RECORDS SHOWN:
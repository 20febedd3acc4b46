ghost use Rattle.std.specs.Prelude.{◌≡◌, ◌+◌, ◌^◌, ◌≤◌, ◌<◌, true, map, length, take, unsigned_abs};
ghost use Rattle.integers.specs.Nearest.{residue as residue_at};
ghost use Rattle.finders.specs.Points.{distance as distance_of, within};
ghost use Rattle.lattice_layers.specs.ConstructionA.{nearest_even, odd_beside as beside, nearest_of, gain, parities as parities_of, with_parities};

use finders::points::MOST_CELLS;
use finders::rounding::{residue_of, round};

// The readings and the step of a find that is granted.
#[derive(Clone, Copy)]
pub(super) struct Group<'a> {
    pub(super) readings: &'a [i32],
    pub(super) step: u32,
    ghost few_cells: { length readings.now ≤ 32 },
    ghost small_readings: { within (2 ^ 30) readings.now ≡ true },
    ghost some_step: { 1 ≤ step },
    ghost small_step: { step ≤ 2 ^ 20 },
}

impl Group<'_> {
    // The even number nearest to a reading, and the gain of the cell.
    fn even(&self, reading: i32) -> (i32, i32)
        requires small { unsigned_abs reading ≤ 2 ^ 30 }
        ensures number { result.0 ≡ nearest_even self.now.step reading }
        ensures gain { result.1 ≡ gain self.now.step reading }
    {
        // at twice the step: half of the even number, and what the even number leaves
        let half = round(reading, 2 * self.step);
        (2 * half.number, self.step as i32 - 2 * half.residue.abs())
    }

    // Writes the nearest even numbers into the place, and answers the gains of the cells, at the head of an array of fixed length, since
    // the library allocates nothing.
    pub(super) fn round_even(&self, place: &mut [i32]) -> [i32; MOST_CELLS]
        requires as_wide { length place.old ≡ length self.now.readings.now }
        ensures evens { place.new ≡ map (nearest_even self.now.step) self.now.readings.now }
        ensures gains { take (length self.now.readings.now) result ≡ map (gain self.now.step) self.now.readings.now }
    {
        let mut gains = [0; MOST_CELLS];
        for (i, &reading) in self.readings.iter().enumerate() {
            (place[i], gains[i]) = self.even(reading);
        }
        gains
    }

    // The number of a digit's parity that is nearest to a reading, and the size of what it leaves, from the nearest even number.
    fn turned(&self, reading: i32, even: i32, digit: u32) -> (i32, u64)
        requires small { unsigned_abs reading ≤ 2 ^ 30 }
        requires even { even ≡ nearest_even self.now.step reading }
        requires digit { digit < 2 }
        ensures number { result.0 ≡ nearest_of digit self.now.step reading }
        ensures size { result.1 ≡ unsigned_abs (residue_at self.now.step reading (nearest_of digit self.now.step reading)) }
    {
        let residue = residue_of(reading, self.step, even);
        let size = residue.unsigned_abs();
        if digit == 0 {
            return (even, size);
        }
        (odd_beside(residue, even), u64::from(self.step) - size)
    }

    // Turns the even number of each cell that has digit 1 in a word into the nearest odd one, and answers the squared distance.
    pub(super) fn turn_odd(&self, place: &mut [i32], word: u32) -> u64
        requires evens { place.old ≡ map (nearest_even self.now.step) self.now.readings.now }
        ensures point { place.new ≡ with_parities word self.now.step self.now.readings.now }
        ensures distance { result ≡ distance_of self.now.step self.now.readings.now (with_parities word self.now.step self.now.readings.now) }
    {
        let mut distance = 0;
        let mut rest = word;
        for (i, &reading) in self.readings.iter().enumerate() {
            let (number, size) = self.turned(reading, place[i], rest % 2);
            place[i] = number;
            distance += size * size;
            rest /= 2;
        }
        distance
    }
}

// The odd number next to an even one that leaves this residue, on the reading's side, and where nothing is left, nearer to zero. From 0 it
// is 1.
fn odd_beside(residue: i64, even: i32) -> i32
    requires small { unsigned_abs even ≤ 2 ^ 30 + 1 }
    ensures { result ≡ beside residue even }
{
    if residue > 0 || (residue == 0 && even <= 0) {
        even + 1
    } else {
        even - 1
    }
}

// The word of the parities of a point.
pub(super) fn parities(point: &[i32]) -> u32
    requires few { length point.now ≤ 32 }
    ensures { result ≡ parities_of point.now }
{
    point
        .iter()
        .rev()
        .fold(0, |word, x| (word << 1) | x.unsigned_abs() % 2)
}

WHAT YOU HAVE TO DO:
Give the entries again in full, exactly as they are written.

TASK SOLUTION:
repository 20febedd3acc4b46
ghost use Rattle.std.specs.Prelude.{◌≡◌, ◌+◌, ◌^◌, ◌≤◌, ◌<◌, true, map, length, take, unsigned_abs};
ghost use Rattle.integers.specs.Nearest.{residue as residue_at};
ghost use Rattle.finders.specs.Points.{distance as distance_of, within};
ghost use Rattle.lattice_layers.specs.ConstructionA.{nearest_even, odd_beside as beside, nearest_of, gain, parities as parities_of, with_parities};

use finders::points::MOST_CELLS;
use finders::rounding::{residue_of, round};

// The readings and the step of a find that is granted.
#[derive(Clone, Copy)]
pub(super) struct Group<'a> {
    pub(super) readings: &'a [i32],
    pub(super) step: u32,
    ghost few_cells: { length readings.now ≤ 32 },
    ghost small_readings: { within (2 ^ 30) readings.now ≡ true },
    ghost some_step: { 1 ≤ step },
    ghost small_step: { step ≤ 2 ^ 20 },
}

impl Group<'_> {
    // The even number nearest to a reading, and the gain of the cell.
    fn even(&self, reading: i32) -> (i32, i32)
        requires small { unsigned_abs reading ≤ 2 ^ 30 }
        ensures number { result.0 ≡ nearest_even self.now.step reading }
        ensures gain { result.1 ≡ gain self.now.step reading }
    {
        // at twice the step: half of the even number, and what the even number leaves
        let half = round(reading, 2 * self.step);
        (2 * half.number, self.step as i32 - 2 * half.residue.abs())
    }

    // Writes the nearest even numbers into the place, and answers the gains of the cells, at the head of an array of fixed length, since
    // the library allocates nothing.
    pub(super) fn round_even(&self, place: &mut [i32]) -> [i32; MOST_CELLS]
        requires as_wide { length place.old ≡ length self.now.readings.now }
        ensures evens { place.new ≡ map (nearest_even self.now.step) self.now.readings.now }
        ensures gains { take (length self.now.readings.now) result ≡ map (gain self.now.step) self.now.readings.now }
    {
        let mut gains = [0; MOST_CELLS];
        for (i, &reading) in self.readings.iter().enumerate() {
            (place[i], gains[i]) = self.even(reading);
        }
        gains
    }

    // The number of a digit's parity that is nearest to a reading, and the size of what it leaves, from the nearest even number.
    fn turned(&self, reading: i32, even: i32, digit: u32) -> (i32, u64)
        requires small { unsigned_abs reading ≤ 2 ^ 30 }
        requires even { even ≡ nearest_even self.now.step reading }
        requires digit { digit < 2 }
        ensures number { result.0 ≡ nearest_of digit self.now.step reading }
        ensures size { result.1 ≡ unsigned_abs (residue_at self.now.step reading (nearest_of digit self.now.step reading)) }
    {
        let residue = residue_of(reading, self.step, even);
        let size = residue.unsigned_abs();
        if digit == 0 {
            return (even, size);
        }
        (odd_beside(residue, even), u64::from(self.step) - size)
    }

    // Turns the even number of each cell that has digit 1 in a word into the nearest odd one, and answers the squared distance.
    pub(super) fn turn_odd(&self, place: &mut [i32], word: u32) -> u64
        requires evens { place.old ≡ map (nearest_even self.now.step) self.now.readings.now }
        ensures point { place.new ≡ with_parities word self.now.step self.now.readings.now }
        ensures distance { result ≡ distance_of self.now.step self.now.readings.now (with_parities word self.now.step self.now.readings.now) }
    {
        let mut distance = 0;
        let mut rest = word;
        for (i, &reading) in self.readings.iter().enumerate() {
            let (number, size) = self.turned(reading, place[i], rest % 2);
            place[i] = number;
            distance += size * size;
            rest /= 2;
        }
        distance
    }
}

// The odd number next to an even one that leaves this residue, on the reading's side, and where nothing is left, nearer to zero. From 0 it
// is 1.
fn odd_beside(residue: i64, even: i32) -> i32
    requires small { unsigned_abs even ≤ 2 ^ 30 + 1 }
    ensures { result ≡ beside residue even }
{
    if residue > 0 || (residue == 0 && even <= 0) {
        even + 1
    } else {
        even - 1
    }
}

// The word of the parities of a point.
pub(super) fn parities(point: &[i32]) -> u32
    requires few { length point.now ≤ 32 }
    ensures { result ≡ parities_of point.now }
{
    point
        .iter()
        .rev()
        .fold(0, |word, x| (word << 1) | x.unsigned_abs() % 2)
}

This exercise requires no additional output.